Moncton — The New Brunswick Coalition for Pay Equity is concerned by the lack of any mention of wages in the one-year federal-provincial agreement on early learning and child care.
"We commend the provincial government's efforts to improve training and the quality of child care. However, this must go hand in hand with equitable remuneration for early childhood educators, and at present, their wages are still well below pay equity," says Frances LeBlanc, the Chair of the Coalition.
A 2014 study found that the equitable wage for early childhood educators would have been about $20 per hour at the time. Six years later, wages only reach $18 per hour.
"Continued investments are needed to ensure pay equity, reduce challenges in recruiting and retaining qualified educators, and build a quality child care system. Society as a whole will benefit from it," adds Frances LeBlanc.

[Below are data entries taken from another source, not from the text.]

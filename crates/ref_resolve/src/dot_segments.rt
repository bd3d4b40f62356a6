//! Removal of the dot segments of a path (RFC 3986 section 5.2.4).
ghost use Rattle.std.specs.Prelude.{◌≡◌, ◌<◌, ◌≤◌, [], ◌∷◌, ◌++◌, ◌||◌, ◌&&◌, ◌==◌, true, false};
ghost use Rattle.std.specs.Prelude.{fold, length, take, drop, slice_index, MatchOption, IfSome};
ghost use Rattle.std.specs.Prelude.{OnOk};
ghost use Rattle.std.specs.String.{string_bytes};
ghost use Rattle.std.specs.Str.{IsUtf8};
ghost use Rattle.link_model.specs.Characters.{full_stop, slash, is_empty};
ghost use Rattle.reference_model.specs.References as references;
ghost use Rattle.reference_model.specs.Resolution as resolution;
ghost use Rattle.ref_resolve.specs.Paths.{before_last, path_with, closed_segments};
ghost use Rattle.ref_resolve.specs.PlainPaths.{has_no_dot_after_slash};

use crate::cuts::{after_first, split_from};
use rd_base::Starved;

/// Returns whether a segment is one dot.
fn is_single_dot(segment: &str) -> bool
    ensures { result ≡ resolution.is_single_dot segment.now }
{
    segment == "."
}

/// Returns whether a segment is two dots.
fn is_double_dot(segment: &str) -> bool
    ensures { result ≡ resolution.is_double_dot segment.now }
{
    segment == ".."
}

/// Returns whether a segment is one dot or two.
fn is_dot_segment(segment: &str) -> bool
    ensures { result ≡ resolution.is_dot_segment segment.now }
{
    is_single_dot(segment) || is_double_dot(segment)
}

/// Returns a path without the dot segments at its beginning, before any slash.
fn without_leading_dots(path: &str) -> &str
    ensures same { resolution.without_leading_dots (resolution.with_closing_slash
        (resolution.segments_of path.now))
        ≡ resolution.with_closing_slash (resolution.segments_of result.now) }
    ensures first { resolution.is_dot_segment (references.before slash result.now) ≡ false }
{
    let mut rest = path;
    'segments: loop {
        let (segment, after) = split_from(rest, '/');
        if !is_dot_segment(segment) {
            return rest;
        }
        match after_first(after, '/') {
            Some(next) => rest = next,
            None => return "",
        }
    }
}

/// Returns the offset of the last slash.
fn last_slash(text: &[u8]) -> Option<usize>
    ensures before { MatchOption result (before_last slash text.now ≡ [])
        (λ offset. before_last slash text.now ≡ take offset text.now) }
    ensures offset { IfSome result (λ offset. (offset < length text.now) ×
        (slice_index text.now offset ≡ slash)) }
{
    let mut rest = text;
    'octets: while let Some((octet, front)) = rest.split_last() {
        if *octet == b'/' {
            return Some(front.len());
        }
        rest = front;
    }
    None
}

/// Cuts off the last segment of the path that begins at `start`, with the slash before it.
fn drop_last_segment(text: &mut String, start: usize)
    requires within { start ≤ length (string_bytes text.old) }
    requires utf8 { IsUtf8 (take start (string_bytes text.old)) }
    ensures front { take start (string_bytes text.new) ≡ take start (string_bytes text.old) }
    ensures path { drop start (string_bytes text.new)
        ≡ before_last slash (drop start (string_bytes text.old)) }
    ensures within { start ≤ length (string_bytes text.new) }
{
    match last_slash(&text.as_bytes()[start..]) {
        Some(offset) => text.truncate(start + offset),
        None => text.truncate(start),
    }
}

/// Appends a segment to the path that begins at `start`. Two dots remove the last segment instead,
/// and one dot is left out.
fn append_segment(text: &mut String, start: usize, segment: &str) -> Result<(), Starved>
    requires within { start ≤ length (string_bytes text.old) }
    requires utf8 { IsUtf8 (take start (string_bytes text.old)) }
    ensures front { OnOk result (take start (string_bytes text.new) ≡ take start
        (string_bytes text.old)) }
    ensures path { OnOk result (drop start (string_bytes text.new) ≡ path_with
        (drop start (string_bytes text.old)) segment.now) }
    ensures within { OnOk result (start ≤ length (string_bytes text.new)) }
{
    if is_double_dot(segment) {
        drop_last_segment(text, start);
        return Ok(());
    }
    if is_single_dot(segment) {
        return Ok(());
    }
    text.push_str("/")?;
    text.push_str(segment)?;
    Ok(())
}

/// Appends the last segment, with a slash after it if it is a dot segment.
fn append_last_segment(text: &mut String, start: usize, segment: &str) -> Result<(), Starved>
    requires within { start ≤ length (string_bytes text.old) }
    requires utf8 { IsUtf8 (take start (string_bytes text.old)) }
    ensures front { OnOk result (take start (string_bytes text.new) ≡ take start
        (string_bytes text.old)) }
    ensures path { OnOk result (drop start (string_bytes text.new) ≡ fold path_with
        (drop start (string_bytes text.old)) (resolution.with_closing_slash (segment.now ∷ []))) }
    ensures within { OnOk result (start ≤ length (string_bytes text.new)) }
{
    append_segment(text, start, segment)?;
    if is_dot_segment(segment) {
        text.push_str("/")?;
    }
    Ok(())
}

/// Appends the segments of a path to the path that begins at `start`. The appended path is empty or
/// begins with a slash.
fn append_segments(text: &mut String, start: usize, path: &str) -> Result<(), Starved>
    requires within { start ≤ length (string_bytes text.old) }
    requires utf8 { IsUtf8 (take start (string_bytes text.old)) }
    requires slash { (is_empty path.now || references.begins_with slash path.now) ≡ true }
    ensures front { OnOk result (take start (string_bytes text.new) ≡ take start
        (string_bytes text.old)) }
    ensures path { OnOk result (drop start (string_bytes text.new) ≡ fold path_with
        (drop start (string_bytes text.old)) (closed_segments path.now)) }
{
    let mut rest = path;
    'segments: while let Some(after) = after_first(rest, '/') {
        let (segment, next) = split_from(after, '/');
        if next.is_empty() {
            return append_last_segment(text, start, segment);
        }
        append_segment(text, start, segment)?;
        rest = next;
    }
    Ok(())
}

/// Returns whether an octet is a slash, and what follows it begins with a full stop.
fn is_slash_before_dot(octet: u8, rest: &[u8]) -> bool
    ensures { result ≡ (octet == slash && references.begins_with full_stop rest.now) }
{
    octet == b'/' && rest.starts_with(b".")
}

/// Returns whether no slash precedes a full stop. Most paths have no full stop at all.
fn has_no_dot_after_slash(path: &[u8]) -> bool
    ensures { result ≡ has_no_dot_after_slash path.now }
{
    if !path.contains(&b'.') {
        return true;
    }
    let mut rest = path;
    'octets: while let Some((octet, more)) = rest.split_first() {
        if is_slash_before_dot(*octet, more) {
            return false;
        }
        rest = more;
    }
    true
}

/// Returns whether a path begins with a slash, and none of its segments begins with a full stop.
fn has_no_dots(path: &str) -> bool
    ensures { result ≡ (references.begins_with slash path.now && has_no_dot_after_slash path.now) }
{
    path.as_bytes().starts_with(b"/") && has_no_dot_after_slash(path.as_bytes())
}

/// Appends a path without its dot segments, segment by segment.
fn append_by_segments(text: &mut String, path: &str) -> Result<(), Starved>
    ensures { OnOk result (string_bytes text.new ≡ string_bytes text.old ++
        resolution.remove_dot_segments path.now) }
{
    let path = without_leading_dots(path);
    let start = text.as_bytes().len();
    let (first, rest) = split_from(path, '/');
    text.push_str(first)?;
    append_segments(text, start, rest)
}

/// Appends a path without its dot segments (RFC 3986 section 5.2.4).
#[tactic(auto, using(crate::proofs::PlainPaths::nothing_removed))]
pub(crate) fn append_without_dots(text: &mut String, path: &str) -> Result<(), Starved>
    ensures { OnOk result (string_bytes text.new ≡ string_bytes text.old ++
        resolution.remove_dot_segments path.now) }
{
    if has_no_dots(path) {
        text.push_str(path)?;
        return Ok(());
    }
    append_by_segments(text, path)
}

The Coalition is therefore directing its attention to the upcoming provincial and federal government budgets. It has high hopes for the federal government's promise to create a Canada-wide early learning and child care system.
"The pandemic threatens to set women back, in large part because of the disruptions in child care. That's why New Brunswick needs a high-quality, affordable and inclusive early learning and child care system. It is essential for children, families, the full participation of women in the labour market and a fair and sustainable economic recovery," concludes Frances LeBlanc.